Three new attempted murder charges for man accused in Toronto van attack
TORONTO — Three new charges of attempted murder were laid Thursday against the man accused in a deadly van attack that took place in north Toronto last month.
Alek Minassian, 25, of Richmond Hill, Ont., now faces 10 counts of first-degree murder and 16 counts of attempted murder in the April 23 incident.
Police have said eight women and two men died after a rental van mounted a sidewalk along a busy street in north Toronto and ran down pedestrians in its path. Authorities initially said 13 people were injured that day but further investigation revealed three others were also hurt.
Minassian appeared in court by video from jail, standing straight with his arms at his side, and didn't say a word as the three new charges were laid. Several women in court cried during the brief hearing, which concluded with the case being put over to Sept. 14.
Outside court, Minassian's lawyer said he didn't want to talk about how his client was doing.
"This isn't a time to discuss Mr. Minassian, this is still a grieving period for the city," Boris Bytensky told reporters. "There are many families that are grieving for those lives lost and those injured."
Minassian's family is devastated, Bytensky added.
"They appreciate the devastation on many other families as well," he said. "They stand behind their son and are very respectful of the court process...they're going to allow everyone to grieve. They send their condolences and really their prayers for everyone affected by this."
Minassian's distraught father showed up at his son's first court appearance last month. When asked if he had a statement to offer to the victims' families, he replied "I'm sorry."
Bytensky said the adjournment in the case is a little longer than usual because the Crown has a lot of disclosure to go through before handing it over to the defence. He added that he had no intention of litigating the case through the media.

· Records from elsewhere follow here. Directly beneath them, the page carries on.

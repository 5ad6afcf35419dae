//! Batches one after the other: what each is handed, what it answers by request numbers, and the state that it leaves.
//!
//! A step runs the waiting requests and the new calls as one list, answers a line for each of them with a serial order, and carries
//! over what waits. The contracts of `laws` say what holds of every run of steps: each answer's order, run one request after the
//! other, gives the printed ends and the next state's rows, and each batch finishes the first request of its list.
//!
//! ```text
//!     Steps       states, lists of batches, answers, and runs
//!     Carriers    the same by whatever carries requests with their outcomes
//!     Serial      what an answer's order promises
//!     Progress    how far each batch gets with what waits
//!     Consistency which rows a batch leaves
//!     Codes       a state as a value of a model
//! ```
//!
//! The definitions stand in specs/, and the code is the types of `answers`, the list of a batch in `lists`, and causes by request
//! numbers in `causes`.
#![tactic(auto)]

pub mod answers;
mod causes;
pub mod laws;
mod lists;

pub use answers::{Answer, Line, Order, Replies, Reply, Wait};
pub use causes::{number_in, numbers_in, wait_in};
pub use lists::number_calls;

Insp. Bryan Bott, the head of Toronto's homicide squad, said shortly after the attack that police hadn't identified a motive, but that the evidence they had didn't meet the threshold for terrorism charges.
Bytensky said there's no evidence thus far that suggests the attack was an act of terrorism.
"There's a lot of people who were terrified," he said. "This was obviously a very terrifying incident, but there's no terrorism as we usually use that term involved in this case."
Those who died in last month's attack ranged in age from 22 to 94, and included a student from South Korea and a man from Jordan.